WHAT YOU NEED TO DO ::
The response must consist of the records below, copied exactly.

RECORDED DATA ::
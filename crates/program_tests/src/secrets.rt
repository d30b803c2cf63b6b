//! The secret in a file, the messages if there is none, and those of files, folders and ports that can't be used.
use fb_program::{
    refuse_both, refuse_file, refuse_folder, refuse_port, refuse_secret_file, tell_secret_file,
};
use fb_secret::{NoSecret, is_private, refuse_open_file, refuse_secret, secret_in};
use std::io;
use std::test::Fail;

const EMPTY: Result<usize, NoSecret> = Err(NoSecret::Empty);

const TOO_SHORT: Result<usize, NoSecret> = Err(NoSecret::TooShort);

const TOO_LONG: Result<usize, NoSecret> = Err(NoSecret::TooLong);

// Files of this number of letters and a rest, and the length of the secret, or why there is none. A CR is a byte of it.
const FILES: &[(usize, &str, Result<usize, NoSecret>); 19] = &[
    (0, "", EMPTY),
    (0, "\n", EMPTY),
    (0, "\nsecret\n", EMPTY),
    (1, "", TOO_SHORT),
    (0, "\r\n", TOO_SHORT),
    (14, "\r\n", TOO_SHORT),
    (15, "\nanother\n", TOO_SHORT),
    (16, "", Ok(16)),
    (16, "\n", Ok(16)),
    (16, "\nanother\n", Ok(16)),
    (16, "\r\n", Ok(17)),
    (16, "\ranother\r", Ok(25)),
    (4_095, "\n", Ok(4_095)),
    (4_096, "", Ok(4_096)),
    (4_096, "\n", Ok(4_096)),
    (4_095, "\r\n", Ok(4_096)),
    (4_096, "\r\n", TOO_LONG),
    (4_097, "", TOO_LONG),
    (10_000, "\n", TOO_LONG),
];

#[test]
fn the_first_line_of_a_file(rt: HostRuntime) -> Result<(), Fail> {
    for (letters, rest, wanted) in FILES {
        let mut bytes = vec![in rt.alloc(); b's'; *letters]?;
        bytes.extend_from_slice(rest.as_bytes())?;
        let is_right = match secret_in(&bytes) {
            Ok(line) => *wanted == Ok(line.len()) && bytes.starts_with(line),
            Err(reason) => *wanted == Err(reason),
        };
        assert!(rt; is_right, "{letters} letters and {rest:?}");
    }
    Ok(())
}

#[test]
fn files_that_others_can_read(rt: HostRuntime) {
    for mode in [0o100_600, 0o100_400, 0o100_640, 0o660] {
        assert!(rt; is_private(mode), "{mode}");
    }
    for mode in [0o100_644, 0o604, 0o602, 0o601, 0o777] {
        assert!(rt; !is_private(mode), "{mode}");
    }
}

#[test]
fn a_file_without_a_secret(rt: HostRuntime) {
    let mut errors = Vec::new(rt.alloc());
    let empty = refuse_secret("a/b", NoSecret::Empty, &mut errors);
    let too_short = refuse_secret("a", NoSecret::TooShort, &mut errors);
    let too_long = refuse_secret("c", NoSecret::TooLong, &mut errors);
    let open = refuse_open_file("d", &mut errors);
    let said = "bench61499: no secret in a/b: its first line is empty\n\
        bench61499: no secret in a: its first line has fewer than 16 bytes\n\
        bench61499: no secret in c: its first line has more than 4096 bytes\n\
        bench61499: other users of this machine can read or write the secret in d; chmod 600 keeps it from them\n";
    assert!(rt; empty == 1 && too_short == 1 && too_long == 1 && open == 1);
    assert!(rt; errors.as_slice() == said.as_bytes());
}

#[test]
fn where_secrets_are(rt: HostRuntime) {
    let mut errors = Vec::new(rt.alloc());
    let denied = io::Error::from(io::ErrorKind::PermissionDenied);
    tell_secret_file("a/6149.secret", &mut errors);
    let both = refuse_both(&mut errors);
    let folder = refuse_folder(&mut errors);
    let file = refuse_secret_file("a/6149.secret", &denied, &mut errors);
    let said = "bench61499: the secret is in a/6149.secret\n\
        bench61499: --open and --secret exclude each other\n\
        bench61499: no folder for a secret: neither XDG_RUNTIME_DIR nor HOME is set; name a file with --secret, or give --open\n\
        bench61499: cannot put a secret into a/6149.secret: permission denied; name a file with --secret, or give --open\n";
    assert!(rt; both == 2 && folder == 1 && file == 1);
    assert!(rt; errors.as_slice() == said.as_bytes());
}

#[test]
fn what_cannot_be_opened(rt: HostRuntime) {
    let mut errors = Vec::new(rt.alloc());
    let absent = io::Error::from(io::ErrorKind::NotFound);
    let taken = io::Error::from(io::ErrorKind::AddrInUse);
    let file = refuse_file("a/b", &absent, &mut errors);
    let port = refuse_port(61499, &taken, &mut errors);
    let said = "bench61499: cannot read a/b: entity not found\n\
        bench61499: cannot listen on 127.0.0.1:61499: address in use\n";
    assert!(rt; file == 1 && port == 1 && errors.as_slice() == said.as_bytes());
}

EXERCISE ANSWER ::
filename crates/program_tests/src/secrets.rt
repository d30b803c2cf63b6b
//! The secret in a file, the messages if there is none, and those of files, folders and ports that can't be used.
use fb_program::{
    refuse_both, refuse_file, refuse_folder, refuse_port, refuse_secret_file, tell_secret_file,
};
use fb_secret::{NoSecret, is_private, refuse_open_file, refuse_secret, secret_in};
use std::io;
use std::test::Fail;

const EMPTY: Result<usize, NoSecret> = Err(NoSecret::Empty);

const TOO_SHORT: Result<usize, NoSecret> = Err(NoSecret::TooShort);

const TOO_LONG: Result<usize, NoSecret> = Err(NoSecret::TooLong);

// Files of this number of letters and a rest, and the length of the secret, or why there is none. A CR is a byte of it.
const FILES: &[(usize, &str, Result<usize, NoSecret>); 19] = &[
    (0, "", EMPTY),
    (0, "\n", EMPTY),
    (0, "\nsecret\n", EMPTY),
    (1, "", TOO_SHORT),
    (0, "\r\n", TOO_SHORT),
    (14, "\r\n", TOO_SHORT),
    (15, "\nanother\n", TOO_SHORT),
    (16, "", Ok(16)),
    (16, "\n", Ok(16)),
    (16, "\nanother\n", Ok(16)),
    (16, "\r\n", Ok(17)),
    (16, "\ranother\r", Ok(25)),
    (4_095, "\n", Ok(4_095)),
    (4_096, "", Ok(4_096)),
    (4_096, "\n", Ok(4_096)),
    (4_095, "\r\n", Ok(4_096)),
    (4_096, "\r\n", TOO_LONG),
    (4_097, "", TOO_LONG),
    (10_000, "\n", TOO_LONG),
];

#[test]
fn the_first_line_of_a_file(rt: HostRuntime) -> Result<(), Fail> {
    for (letters, rest, wanted) in FILES {
        let mut bytes = vec![in rt.alloc(); b's'; *letters]?;
        bytes.extend_from_slice(rest.as_bytes())?;
        let is_right = match secret_in(&bytes) {
            Ok(line) => *wanted == Ok(line.len()) && bytes.starts_with(line),
            Err(reason) => *wanted == Err(reason),
        };
        assert!(rt; is_right, "{letters} letters and {rest:?}");
    }
    Ok(())
}

#[test]
fn files_that_others_can_read(rt: HostRuntime) {
    for mode in [0o100_600, 0o100_400, 0o100_640, 0o660] {
        assert!(rt; is_private(mode), "{mode}");
    }
    for mode in [0o100_644, 0o604, 0o602, 0o601, 0o777] {
        assert!(rt; !is_private(mode), "{mode}");
    }
}

#[test]
fn a_file_without_a_secret(rt: HostRuntime) {
    let mut errors = Vec::new(rt.alloc());
    let empty = refuse_secret("a/b", NoSecret::Empty, &mut errors);
    let too_short = refuse_secret("a", NoSecret::TooShort, &mut errors);
    let too_long = refuse_secret("c", NoSecret::TooLong, &mut errors);
    let open = refuse_open_file("d", &mut errors);
    let said = "bench61499: no secret in a/b: its first line is empty\n\
        bench61499: no secret in a: its first line has fewer than 16 bytes\n\
        bench61499: no secret in c: its first line has more than 4096 bytes\n\
        bench61499: other users of this machine can read or write the secret in d; chmod 600 keeps it from them\n";
    assert!(rt; empty == 1 && too_short == 1 && too_long == 1 && open == 1);
    assert!(rt; errors.as_slice() == said.as_bytes());
}

#[test]
fn where_secrets_are(rt: HostRuntime) {
    let mut errors = Vec::new(rt.alloc());
    let denied = io::Error::from(io::ErrorKind::PermissionDenied);
    tell_secret_file("a/6149.secret", &mut errors);
    let both = refuse_both(&mut errors);
    let folder = refuse_folder(&mut errors);
    let file = refuse_secret_file("a/6149.secret", &denied, &mut errors);
    let said = "bench61499: the secret is in a/6149.secret\n\
        bench61499: --open and --secret exclude each other\n\
        bench61499: no folder for a secret: neither XDG_RUNTIME_DIR nor HOME is set; name a file with --secret, or give --open\n\
        bench61499: cannot put a secret into a/6149.secret: permission denied; name a file with --secret, or give --open\n";
    assert!(rt; both == 2 && folder == 1 && file == 1);
    assert!(rt; errors.as_slice() == said.as_bytes());
}

#[test]
fn what_cannot_be_opened(rt: HostRuntime) {
    let mut errors = Vec::new(rt.alloc());
    let absent = io::Error::from(io::ErrorKind::NotFound);
    let taken = io::Error::from(io::ErrorKind::AddrInUse);
    let file = refuse_file("a/b", &absent, &mut errors);
    let port = refuse_port(61499, &taken, &mut errors);
    let said = "bench61499: cannot read a/b: entity not found\n\
        bench61499: cannot listen on 127.0.0.1:61499: address in use\n";
    assert!(rt; file == 1 && port == 1 && errors.as_slice() == said.as_bytes());
}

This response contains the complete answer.